[Input records — start]

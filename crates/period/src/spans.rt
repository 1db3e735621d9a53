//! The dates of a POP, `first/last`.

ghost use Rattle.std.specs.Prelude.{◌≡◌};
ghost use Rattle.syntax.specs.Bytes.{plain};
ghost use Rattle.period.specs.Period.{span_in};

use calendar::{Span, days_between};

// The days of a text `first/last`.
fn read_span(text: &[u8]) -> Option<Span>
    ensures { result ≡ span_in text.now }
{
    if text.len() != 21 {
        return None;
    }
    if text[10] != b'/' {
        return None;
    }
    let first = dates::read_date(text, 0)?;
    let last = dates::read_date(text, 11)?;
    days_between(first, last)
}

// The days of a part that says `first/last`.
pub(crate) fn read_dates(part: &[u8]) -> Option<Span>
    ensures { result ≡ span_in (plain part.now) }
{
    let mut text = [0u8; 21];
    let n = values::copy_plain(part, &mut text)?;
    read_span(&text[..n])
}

[Input records — finish]

*Exercise description*:
From the entries above, say how many lines contain "first". Only the number is wanted.

*Answer to this task*:
5